## REQUIRED WORK
Please retype all of the following entries exactly.

[Extracted records]
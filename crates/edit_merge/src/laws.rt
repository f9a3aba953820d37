//! Laws of edits and their merges. The functions do nothing: each contract is a law.

ghost use Rattle.edit_merge.specs.Laws.{EditsHaveLeaves, EditsLead, EditsMerge, EditsStop, InsertsOneTree};

use plain_types::edit::Edit;

/// What an edit inserts is one tree.
pub fn inserts_one_tree(edit: &Edit)
    ensures { InsertsOneTree edit.now }
{
    if let Edit::Insert { fragment, .. } = edit {
        // The contract of `len` says so.
        let _count = fragment.len();
    }
}

/// The merge of an edit has the document before it and the document after it, and its stops are those that the
/// edit's paths tell in the document before. Texts have no children in it, and its root isn't to be skipped.
pub fn edits_are_merged()
    ensures merges { EditsMerge }
    ensures stops { EditsStop }
    ensures leaves { EditsHaveLeaves }
    ensures lead { EditsLead }
{}
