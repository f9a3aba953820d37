//! Two lists of stops made one.

ghost use Rattle.std.specs.Prelude.{◌≡◌, ◌≤◌, ◌++◌, Bool, IfOk, drop, length, take};
ghost use Rattle.merged_walk.specs.EditStops.{is_common, joined};
ghost use Rattle.edit_merge.specs.Joining.{parted};

use merged_walk::stop::{Stop, Way};
use plain_types::memory::Memory;
use std::alloc::Global;

/// Whether two stops go into one node.
fn is_common(one: &Stop, other: &Stop) -> bool
    ensures common { result ≡ is_common one.now other.now }
{
    match (one.way, other.way) {
        (Way::Inside, Way::Inside) => one.link == other.link,
        _ => false,
    }
}

/// How many first stops two lists have in common.
fn common_count(stops: &[Stop], others: &[Stop]) -> usize
    ensures within { result ≤ length stops.now }
    ensures among { result ≤ length others.now }
    ensures joined { (is_first : Bool) → joined is_first stops.now others.now ≡ take result stops.now ++ parted is_first (drop result stops.now) (drop result others.now) }
{
    let mut count = 0;
    'common: while count < stops.len() && count < others.len() {
        if !is_common(&stops[count], &others[count]) {
            return count;
        }
        count += 1;
    }
    count
}

/// Two lists of stops in tree order, of which common first ones stand once, and then the rest of the first comes
/// before that of the second or behind it. Time and memory linear in their number.
pub(crate) fn joined(
    alloc: Global,
    is_first: bool,
    stops: &[Stop],
    others: &[Stop],
) -> Result<Vec<Stop>, Memory>
    ensures joined { IfOk result (λ all. all.items ≡ joined is_first stops.now others.now) }
{
    let count = common_count(stops, others);
    let mut all = Vec::from_slice(alloc, &stops[..count])?;
    if is_first {
        all.extend_from_slice(&stops[count..])?;
        all.extend_from_slice(&others[count..])?;
    } else {
        all.extend_from_slice(&others[count..])?;
        all.extend_from_slice(&stops[count..])?;
    }
    Ok(all)
}
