/// Edits that change what is kept of elements which they do not touch.
static ELSEWHERE: [Row; 9] = [
    // a quotation that is left open, and one that is closed again
    Row {
        document: "<p><q/><q/></p>",
        sheet: OPEN,
        edits: &["set /0 class o"],
        kept: &[
            (Some(&[]), &[], "() () 0 1"),
            (Some(&[0]), &[0], "() () 0 1 before '“' '“'"),
            (Some(&[1]), &[1], "() () 1 1 before '‘' '‘' after '’' '’'"),
        ],
    },
    Row {
        document: r#"<p><q class="o"/><q/></p>"#,
        sheet: OPEN,
        edits: &["unset /0 class"],
        kept: &[
            (Some(&[]), &[], "() () 0 0"),
            (Some(&[0]), &[0], "() () 0 0 before '“' '“' after '”' '”'"),
            (Some(&[1]), &[1], "() () 0 0 before '“' '“' after '”' '”'"),
        ],
    },
    // boxes that refer to each other: the full texts have the flat ones
    Row {
        document: r#"<p id="a"><b id="b"/></p>"#,
        sheet: BOTH,
        edits: &[],
        kept: &[
            (Some(&[]), &[], "() () 0 0 before 'P' 'PB'"),
            (Some(&[0]), &[0], "() () 0 0 before 'B' 'BP'"),
        ],
    },
    Row {
        document: r#"<p id="a"><b id="b"/></p>"#,
        sheet: BOTH,
        edits: &["set /0 id c"],
        kept: &[
            (Some(&[]), &[], "() () 0 0 before 'P' 'P'"),
            (Some(&[0]), &[0], "() () 0 0 before 'B' 'BP'"),
        ],
    },
    // the first of two elements with one id goes, or becomes the second
    Row {
        document: REFERRED,
        sheet: REFERS,
        edits: &["remove /1"],
        kept: &[
            (Some(&[0]), &[0], "() () 0 0 after 'two' 'two'"),
            (Some(&[2]), &[1], "() () 0 0"),
        ],
    },
    Row {
        document: REFERRED,
        sheet: REFERS,
        edits: &["move /1 / 2"],
        kept: &[
            (Some(&[0]), &[0], "() () 0 0 after 'two' 'two'"),
            (Some(&[1]), &[2], "() () 0 0"),
            (Some(&[2]), &[1], "() () 0 0"),
        ],
    },
    // the text of one that is referred to
    Row {
        document: REFERRED,
        sheet: REFERS,
        edits: &["insert /1 1 th", "remove /1/0"],
        kept: &[(Some(&[0]), &[0], "() () 0 0 after 'th' 'th'")],
    },
    // a style element that comes, and another sheet
    Row {
        document: "<p><b/></p>",
        sheet: NUMBERED,
        edits: &["insert / 0 <style>b{counter-increment:n 5}</style>"],
        kept: &[
            (Some(&[]), &[], "(n 0) (n 5) 0 0"),
            (None, &[0], "no box () () 0 0"),
            (Some(&[0]), &[1], "(n 5) (n 5) 0 0 before '5' '5'"),
        ],
    },
    Row {
        document: "<p><b/></p>",
        sheet: NUMBERED,
        edits: &["sheet plain.css"],
        kept: &[
            (Some(&[]), &[], "() () 0 0"),
            (Some(&[0]), &[0], "() () 0 0 before 'b' 'b'"),
        ],
    },
];
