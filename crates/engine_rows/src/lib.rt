//! Books and engines under edits by calls, without a script, as tables of tests.
//!
//! | Module | Its rows |
//! |---|---|
//! | `edits` | edits of documents and sheets, and the dump after each |
//! | `books` | what is kept of elements under such edits, by key |
//! | `told_lines` | the lines that such edits change |
//! | `engines` | how many elements, boxes and lines there are, and how many steps it takes to show and to count them |
//!
//! What is expected is worked out by hand from the rules in docs/.
#![tactic(auto)]

#[cfg(test)]
mod books;
#[cfg(test)]
mod edits;
#[cfg(test)]
mod engines;
#[cfg(test)]
mod told_lines;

## WORKED SOLUTION
filename crates/edit_merge/src/laws.rt
repository f9a3aba953820d37
//! Laws of edits and their merges. The functions do nothing: each contract is a law.

ghost use Rattle.edit_merge.specs.Laws.{EditsHaveLeaves, EditsLead, EditsMerge, EditsStop, InsertsOneTree};

use plain_types::edit::Edit;

/// What an edit inserts is one tree.
pub fn inserts_one_tree(edit: &Edit)
    ensures { InsertsOneTree edit.now }
{
    if let Edit::Insert { fragment, .. } = edit {
        // The contract of `len` says so.
        let _count = fragment.len();
    }
}

/// The merge of an edit has the document before it and the document after it, and its stops are those that the
/// edit's paths tell in the document before. Texts have no children in it, and its root isn't to be skipped.
pub fn edits_are_merged()
    ensures merges { EditsMerge }
    ensures stops { EditsStop }
    ensures leaves { EditsHaveLeaves }
    ensures lead { EditsLead }
{}
repository f9a3aba953820d37
//! Two lists of stops made one.

ghost use Rattle.std.specs.Prelude.{◌≡◌, ◌≤◌, ◌++◌, Bool, IfOk, drop, length, take};
ghost use Rattle.merged_walk.specs.EditStops.{is_common, joined};
ghost use Rattle.edit_merge.specs.Joining.{parted};

use merged_walk::stop::{Stop, Way};
use plain_types::memory::Memory;
use std::alloc::Global;

/// Whether two stops go into one node.
fn is_common(one: &Stop, other: &Stop) -> bool
    ensures common { result ≡ is_common one.now other.now }
{
    match (one.way, other.way) {
        (Way::Inside, Way::Inside) => one.link == other.link,
        _ => false,
    }
}

/// How many first stops two lists have in common.
fn common_count(stops: &[Stop], others: &[Stop]) -> usize
    ensures within { result ≤ length stops.now }
    ensures among { result ≤ length others.now }
    ensures joined { (is_first : Bool) → joined is_first stops.now others.now ≡ take result stops.now ++ parted is_first (drop result stops.now) (drop result others.now) }
{
    let mut count = 0;
    'common: while count < stops.len() && count < others.len() {
        if !is_common(&stops[count], &others[count]) {
            return count;
        }
        count += 1;
    }
    count
}

/// Two lists of stops in tree order, of which common first ones stand once, and then the rest of the first comes
/// before that of the second or behind it. Time and memory linear in their number.
pub(crate) fn joined(
    alloc: Global,
    is_first: bool,
    stops: &[Stop],
    others: &[Stop],
) -> Result<Vec<Stop>, Memory>
    ensures joined { IfOk result (λ all. all.items ≡ joined is_first stops.now others.now) }
{
    let count = common_count(stops, others);
    let mut all = Vec::from_slice(alloc, &stops[..count])?;
    if is_first {
        all.extend_from_slice(&stops[count..])?;
        all.extend_from_slice(&others[count..])?;
    } else {
        all.extend_from_slice(&others[count..])?;
        all.extend_from_slice(&stops[count..])?;
    }
    Ok(all)
}
/// Edits that change what is kept of elements which they do not touch.
static ELSEWHERE: [Row; 9] = [
    // a quotation that is left open, and one that is closed again
    Row {
        document: "<p><q/><q/></p>",
        sheet: OPEN,
        edits: &["set /0 class o"],
        kept: &[
            (Some(&[]), &[], "() () 0 1"),
            (Some(&[0]), &[0], "() () 0 1 before '“' '“'"),
            (Some(&[1]), &[1], "() () 1 1 before '‘' '‘' after '’' '’'"),
        ],
    },
    Row {
        document: r#"<p><q class="o"/><q/></p>"#,
        sheet: OPEN,
        edits: &["unset /0 class"],
        kept: &[
            (Some(&[]), &[], "() () 0 0"),
            (Some(&[0]), &[0], "() () 0 0 before '“' '“' after '”' '”'"),
            (Some(&[1]), &[1], "() () 0 0 before '“' '“' after '”' '”'"),
        ],
    },
    // boxes that refer to each other: the full texts have the flat ones
    Row {
        document: r#"<p id="a"><b id="b"/></p>"#,
        sheet: BOTH,
        edits: &[],
        kept: &[
            (Some(&[]), &[], "() () 0 0 before 'P' 'PB'"),
            (Some(&[0]), &[0], "() () 0 0 before 'B' 'BP'"),
        ],
    },
    Row {
        document: r#"<p id="a"><b id="b"/></p>"#,
        sheet: BOTH,
        edits: &["set /0 id c"],
        kept: &[
            (Some(&[]), &[], "() () 0 0 before 'P' 'P'"),
            (Some(&[0]), &[0], "() () 0 0 before 'B' 'BP'"),
        ],
    },
    // the first of two elements with one id goes, or becomes the second
    Row {
        document: REFERRED,
        sheet: REFERS,
        edits: &["remove /1"],
        kept: &[
            (Some(&[0]), &[0], "() () 0 0 after 'two' 'two'"),
            (Some(&[2]), &[1], "() () 0 0"),
        ],
    },
    Row {
        document: REFERRED,
        sheet: REFERS,
        edits: &["move /1 / 2"],
        kept: &[
            (Some(&[0]), &[0], "() () 0 0 after 'two' 'two'"),
            (Some(&[1]), &[2], "() () 0 0"),
            (Some(&[2]), &[1], "() () 0 0"),
        ],
    },
    // the text of one that is referred to
    Row {
        document: REFERRED,
        sheet: REFERS,
        edits: &["insert /1 1 th", "remove /1/0"],
        kept: &[(Some(&[0]), &[0], "() () 0 0 after 'th' 'th'")],
    },
    // a style element that comes, and another sheet
    Row {
        document: "<p><b/></p>",
        sheet: NUMBERED,
        edits: &["insert / 0 <style>b{counter-increment:n 5}</style>"],
        kept: &[
            (Some(&[]), &[], "(n 0) (n 5) 0 0"),
            (None, &[0], "no box () () 0 0"),
            (Some(&[0]), &[1], "(n 5) (n 5) 0 0 before '5' '5'"),
        ],
    },
    Row {
        document: "<p><b/></p>",
        sheet: NUMBERED,
        edits: &["sheet plain.css"],
        kept: &[
            (Some(&[]), &[], "() () 0 0"),
            (Some(&[0]), &[0], "() () 0 0 before 'b' 'b'"),
        ],
    },
];
filename crates/engine_rows/src/lib.rt
//! Books and engines under edits by calls, without a script, as tables of tests.
//!
//! | Module | Its rows |
//! |---|---|
//! | `edits` | edits of documents and sheets, and the dump after each |
//! | `books` | what is kept of elements under such edits, by key |
//! | `told_lines` | the lines that such edits change |
//! | `engines` | how many elements, boxes and lines there are, and how many steps it takes to show and to count them |
//!
//! What is expected is worked out by hand from the rules in docs/.
#![tactic(auto)]

#[cfg(test)]
mod books;
#[cfg(test)]
mod edits;
#[cfg(test)]
mod engines;
#[cfg(test)]
mod told_lines;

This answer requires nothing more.